Most of what I was afraid of was that I might run out of time and that scared the bejeezus out of me. Oh so often, I live like I have all the time in the world. I certainly quarantine that way, and I feel like my approach to life in general is that there will always be time. I think I’m wrong about that, folks.
In all those notes that poured out of my brain, I made a pact with myself to do the damn things and to stop WAITING. Regardless of outcome of my appointment that day, I knew I had time to chase my dreams if I just got started on them.
HEADING TO THE APPOINTMENT
It’s one thing to go to an appointment. It’s another to go to an appointment when there’s a problem. I didn’t want to go casual. I didn’t want to be naked waist up in a pair of leggings. I wore real jeans (for the second time this week and maybe the third time in all of quarantine), showered and did my hair and make up. I showed up with purpose.
I wore mascara. I’m a crier, and not like a cute one. I boo-hoo. I break down. Being strong when I’m scared is not something I’m great at. Defiantly, I wore the mascara anyway, and challenged myself to not cry and to be strong. “Act as if,” my friend Donna used to always say. I was going to act as if there was nothing wrong.
In this weird COVID time, I also had to pick a mask to wear. Hmmm… polka dots? tie dye? rainbow? Definitely rainbows. My plan was to evoke as much magic as I could while I was in there.
GETTING SCANNED (AGAIN)
When I arrive at my appointment, they are quick to get me back to change and to begin. Having just completed a mammogram on Monday, I knew the drill and I was a little quieter this time around.

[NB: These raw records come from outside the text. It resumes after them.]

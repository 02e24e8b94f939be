//! Many connections at once, in one thread: a loop over a set of connections, each of which has a session of
//! its own.
//!
//! Callers can rely on this, whatever the connections do: a session hears a beginning of what was read of its
//! connection, in order and each byte once, and a connection takes a beginning of what its session was
//! answered; both are whole if it was closed as done. Nothing is read or heard while more than 64 KiB of
//! answers wait, or once a stop was ordered; nothing more is read, heard or taken once a read or write failed,
//! memory was wanting, or the session refused a part; no answer of a round leaves before the sync of that round;
//! a connection is closed as idle, or for a stop, only once it had its turn in the round; and the loop waits only
//! after a round in which nothing was done, for a second at most, and never past the time to close a connection, by
//! the time at which the round began (`IsSoundHistory`). Each round gives each connection its turn to send and to
//! take, and none that waits finds a place left free (`IsFair`). The loop returns once it is over (`HasEnded`), and
//! each want of memory has its line, and so has, once, what could not be kept; reports come where they are wanted
//! (`TellsAll`).
#![tactic(auto)]

mod connections;
mod ending;
mod laws;
mod loop_limits;
mod places;
mod reports;
mod rounds;
mod sessions;
mod slots;
mod talk;

pub use connections::{Connections, Reading, Writing};
pub use ending::{Ending, SessionFault};
pub use laws::{bytes_stay_in_order, done_is_whole, limits_have_their_values, outputs_are_bounded};
pub use loop_limits::Limits;
pub use places::Places;
pub use rounds::answer_all;
pub use sessions::Sessions;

I didn’t want to make small talk, I just wanted someone to tell me everything was ok.
After the two mammogram scans, I was moved to a room for an ultrasound. The room was dimly lit and I was seated on a table. I knew that this was where the doctor would see me and where I’d find things out.

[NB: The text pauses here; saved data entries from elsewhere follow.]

// A run: each line of the input is asked, what is told of it is written, and the state is kept.
ghost use Rattle.std.specs.Prelude.{◌≡◌, ◌≢◌, ◌⊎◌, ◌↔◌, ◌<◌, ◌≤◌, ◌++◌, List, ℕ, [], false, true, Err, IfErr, IfOk, IfSome, IsTrue, None, Ok, OnErr, OnOk, Option, Some, option_map, ⊤};
ghost use Rattle.std.specs.Io.KnownBytes.{Appends};
ghost use Rattle.textio.specs.Lines.{lines_of};
ghost use Rattle.textio.specs.Output.{WritesSome};
ghost use Rattle.textio.specs.declared.program_fault.ProgramFault.{ProgramFault};
ghost use Rattle.textio.specs.declared.program_fault.ProgramFault.TheVariants.{CannotWrite, NotACommand, OutOfMemory};
ghost use Rattle.play.specs.Scripts.{ask_seen, line_of, Ask as Asked};
ghost use Rattle.runs.specs.AskOptions.{ask_values};
ghost use Rattle.asking.specs.FinalBindings.{IsKnownIn};
ghost use Rattle.asking.specs.Asking.{HearsHead};
ghost use Rattle.asking.specs.Catching.{CatchesSome, StopsBelow};
ghost use Rattle.runs.specs.Ending.{AdvancesPart, AsksPart, AsksSomeLine, BeginsNone, DoesSome, end_status, EndsEarly, EndsWith, FailsWith, HoldsBack, IsNewFor, LoadsNone, LooksSome, NotesFirst, PreparesSome, RunsLate};
ghost use Rattle.asking.specs.Exchanges.{ExchangesFrames, HoldsFrame};
ghost use Rattle.asking.specs.Following.{IsBelow, StopsList};
ghost use Rattle.runs.specs.Lateness.{Finds, HasNoted, HasNotedAs, IsLast, IsLimitOf, IsSameLimit};
ghost use Rattle.runs.specs.Keeping.{AddsTo, IsKeptUp, IsSettled, IsStillKept, KeepsUp, SavesTo};
ghost use Rattle.runs.specs.Marking.{IsUnlooked, LeavesMarked, MarksOn, RunsMarked};
ghost use Rattle.asking.specs.Recalled.{evidence_again};
ghost use Rattle.asking.specs.Reports.{report_of, told_after, Report};
ghost use Rattle.runs.specs.RunFaults.{AsksInput, CannotBeAsked, IsFaultOfSaving, IsFaultOfState, IsFaultWith, IsFirstUnasked, StopsOr};
ghost use Rattle.runs.specs.Runs.{AdvancesOnce, AsksLine, AsksLines, BeginsAsking, CatchesUpBy, DoesLine, emptied, Grows, IsSoundFor, KeepsAll, new_background, background_of, lines_asked, Prepares, with_word, words_line, Writes};
ghost use Rattle.asking.specs.declared.ask_fault.AskFault.{AskFault};
ghost use Rattle.asking.specs.declared.ask_fault.AskFault.TheVariants.{OutOfMemory as NoMemory, Stopped};
ghost use Rattle.runs.specs.declared.run_fault.RunFault.TheVariants.{Ask as OfQuestion, Program};
ghost use Rattle.runs.specs.declared.run.RunEnd.TheVariants.{Whole};
ghost use Rattle.asking.specs.declared.said.TheConstants.{CAUGHT};
ghost use Rattle.asking.specs.Scenes.{scene, Scene, StartsAtHead};
ghost use Rattle.runs.specs.Saves.{Act, Found, IsSaid, LeavesTold};
ghost use Rattle.runs.specs.Settling.{settled_text};
ghost use Rattle.runs.specs.Standing.{standing, AreNew, AsksAmong, DropsAlarms, Fits, HasBegun, HasFailed, HasLoaded, HasNoChanges, IsFresh, IsLeft, IsUpTo, LeavesState, RunStands, SettlesState, StateIsKept, StateIsSaved, StateStands};
ghost use Rattle.memory.specs.Memories.{Memory};
ghost use Rattle.asking.specs.Visiting.{TestsAll};
ghost use Rattle.wire.specs.Frames.{Frame};

use crate::keeper::Keeper;
use crate::lateness::Limit;
use crate::run_fault::RunFault;
use crate::settling::tell_settled;
use crate::state::{State, copies_of};
use crate::{AskKeys, AskOrder};
use asking::{AskFault, Asker, CAUGHT, Checks, MAX_LISTS, REFUSED, Reply, Said};
use encoding::Name;
use memory::Memory;
use nodehash::NodeHash;
use play::{Ask, Line, next_line, push_number, read_line};
use rootchain::SignedPromise;
use sigiface::Verifier;
use std::alloc::{AllocError, Global};
use std::io::{BufRead, Read, Write};
use textio::{ProgramFault, write_text};
use vrfiface::VufCheck;

/// How a run ended, with its status: 3 if evidence or an alarm is told, also one of an earlier run, or the last epoch is not
/// as late as it is wanted; else 1 if the directory or the client refused, or it did not come to all; else 0.
#[derive(Clone, Copy, Debug, PartialEq, Eq)]
pub enum RunEnd {
    /// All was asked.
    Whole(u8),
    /// No reply came, new roots were refused or too many, or a fault followed evidence or an alarm. The status is 1, or 3
    /// after evidence or an alarm.
    Stopped(u8),
    /// A write failed, and evidence or an alarm had been found, or a last epoch that is not late enough, of which perhaps not
    /// all is told. The status is 3.
    Unwritten,
    /// The last epoch is this one, which is not as late as it is wanted. This is told behind all else. The status is 3.
    Stale(u64),
}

I almost cried in here while I waited. I’m not sure if it was the moments left alone, the cancer pamphlets to the side of the empty guest chair, but I was scared to death. I filled the void singing a song I love…and before I knew it, the doctor came in. He quickly completed the ultrasound, and shared that I appeared to have a small liquid-filled cyst on my left breast. He said no action was needed, except to come back next May.
I seriously could have hugged him during COVID. I just met him like six minutes prior, but he was instantly my favorite and I’m so grateful for his expertise, his review, and his reassurance. Literally, the best news of the month.
WHAT I KNOW
- Not everybody walks out with good news. I am ETERNALLY grateful for my little fluid-filled cyst.

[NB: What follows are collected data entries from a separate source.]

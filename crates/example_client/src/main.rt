//! A client of a directory, to copy: it registers a key for a name, and watches the name. The `Asker` tells what
//! comes of each reply, in the lines of docs/FORMATS.md. A real client also stores its roots and promises.
#![tactic(auto)]

use anyhow::{Context, Result, bail, ensure};
use asking::{AskFault, Asker, Checks, MAX_LISTS, Said};
use commands::Verb;
use encoding::{BoundKey, Hash32, KeyData, Name};
use nodehash::NodeHash;
use play::Ask;
use sigiface::Verifier;
use std::net::TcpStream;
use std::time::Duration;
use std::{env, str, thread};
use textio::option_hex32;
use vrfiface::VufCheck;

fn main(rt: HostRuntime) -> Result<()> {
    let alloc = rt.alloc();
    let words: Vec<String> = env::args(&rt)?.collect(alloc)?;
    let [_, address, signing_key, name, key, seconds] = words.as_slice() else {
        bail!("usage: example_client ADDRESS PROVIDER_KEY NAME KEY SECONDS");
    };
    let signing_key = Hash32::new(option_hex32(signing_key).context("reading PROVIDER_KEY")?);
    let owned = Name::new(name.as_bytes()).context("reading NAME")?;
    let key = hex::decode(alloc, key.as_bytes()).context("reading KEY")?;
    let expected = BoundKey {
        value: KeyData::new(&key).context("reading KEY")?,
        policy: None,
    };
    let seconds = seconds.parse::<u64>().context("reading SECONDS")?;

    // Start at the directory's latest root. The token is that of the operator, which a user does not have.
    let stream = &mut TcpStream::connect(&rt, address).context("connecting")?;
    let said = &mut Said::new(alloc);
    let token = Hash32::default();
    let checks = Checks::keyed(signing_key);
    let begun = Asker::start_at_head(alloc, stream, checks, signing_key, token, said);
    let mut asker = tell(&rt, begun, said)?;
    // Look the name up, and watch it from the latest epoch on. If it has a key, that has to be the owner's.
    let name = Vec::from_slice(alloc, owned.bytes())?;
    let asked = ask(&mut asker, stream, &Ask::Lookup { name, epoch: 0 }, said);
    let is_bound = said.text.starts_with(b"present");
    tell(&rt, asked, said)?;
    let expected = if is_bound { Some(&expected) } else { None };
    tell(&rt, asker.watch(stream, &owned, expected, said), said)?;
    if !is_bound {
        // The client keeps the promise, and the monitor expects the key from the next epoch on.
        let verb = Verb::Register;
        let name = Vec::from_slice(alloc, owned.bytes())?;
        let put = Ask::Put {
            verb,
            name,
            key,
            policy: None,
        };
        let asked = ask(&mut asker, stream, &put, said);
        tell(&rt, asked, said)?;
    }
    // Follow the chain. At each new root, the monitor looks the name up, and the promise is tested if it is due.
    for _ in 0..seconds {
        thread::sleep(&rt, Duration::from_secs(1));
        tell(&rt, follow(&mut asker, stream, said), said)?;
    }
    Ok(())
}

/// Takes the roots up to an epoch, list by list. A real client stores them behind each.
fn catch_up<H, V, S>(
    asker: &mut Asker<H, V, S>,
    stream: &mut TcpStream,
    epoch: u64,
    said: &mut Said,
) -> Result<(), AskFault>
where
    H: NodeHash + Drop,
    V: VufCheck + Drop,
    S: Verifier + Drop,
{
    for _ in 0..MAX_LISTS {
        if !asker.advance(stream, epoch, said)? {
            return Ok(());
        }
    }
    Err(AskFault::Stopped)
}

/// Asks something, and hears the reply.
fn ask<H, V, S>(
    asker: &mut Asker<H, V, S>,
    stream: &mut TcpStream,
    ask: &Ask,
    said: &mut Said,
) -> Result<(), AskFault>
where
    H: NodeHash + Drop,
    V: VufCheck + Drop,
    S: Verifier + Drop,
{
    let reply = asker.send(stream, ask)?;
    catch_up(asker, stream, reply.epoch(), said)?;
    asker.hear(stream, ask, &reply, said)
}

/// Takes the roots that are new, looks the name up in each, and tests promises.
fn follow<H, V, S>(
    asker: &mut Asker<H, V, S>,
    stream: &mut TcpStream,
    said: &mut Said,
) -> Result<(), AskFault>
where
    H: NodeHash + Drop,
    V: VufCheck + Drop,
    S: Verifier + Drop,
{
    let reply = asker.send(stream, &Ask::Head)?;
    catch_up(asker, stream, reply.epoch(), said)?;
    asker.hear_head(&reply, said)?;
    asker.go_on(stream, said)
}

/// Prints what was said, and fails if something was refused or no reply came. An alarm is no failure.
fn tell<T: Drop>(rt: &HostRuntime, asked: Result<T, AskFault>, said: &mut Said) -> Result<T> {
    print!(rt; "{}", str::from_utf8(&said.text)?)?;
    said.text.clear();
    ensure!(said.words.is_empty(), "{}", str::from_utf8(&said.words)?);
    asked.context("asking")
}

- Always ask if they have an earlier appointment. If you can avoid putting yourself through extra stress, it’s worth it. I also convinced myself that if this was something, I could get it treated even quicker.
- Never underestimate the support you have. My friends SHOWED UP yesterday. Even socially distanced, I had offers to drive me. I had text support available throughout the morning. Instagram messages of support. Good vibes were showing up in bulk and giving me courage to walk back into that center with confidence.
- Getting an annual mammogram is important. I snuck this appointment in before my insurance runs out at the end of the month. Just like my eye appointments and dentist appointments, I do this yearly. You should too (and at the frequency recommended by your physician based upon family history.)
- I have a lot of work to do. I wrote this morning of a lot of dreams that I want to achieve. Well, y’all… it’s go-time, and I am so grateful for that.
- I had FOUR FRIENDS tell me they’d recently been through this. I thought my story was so unique, but quickly realized that this is another one of those things that no one talks about… which is why I’m sharing today.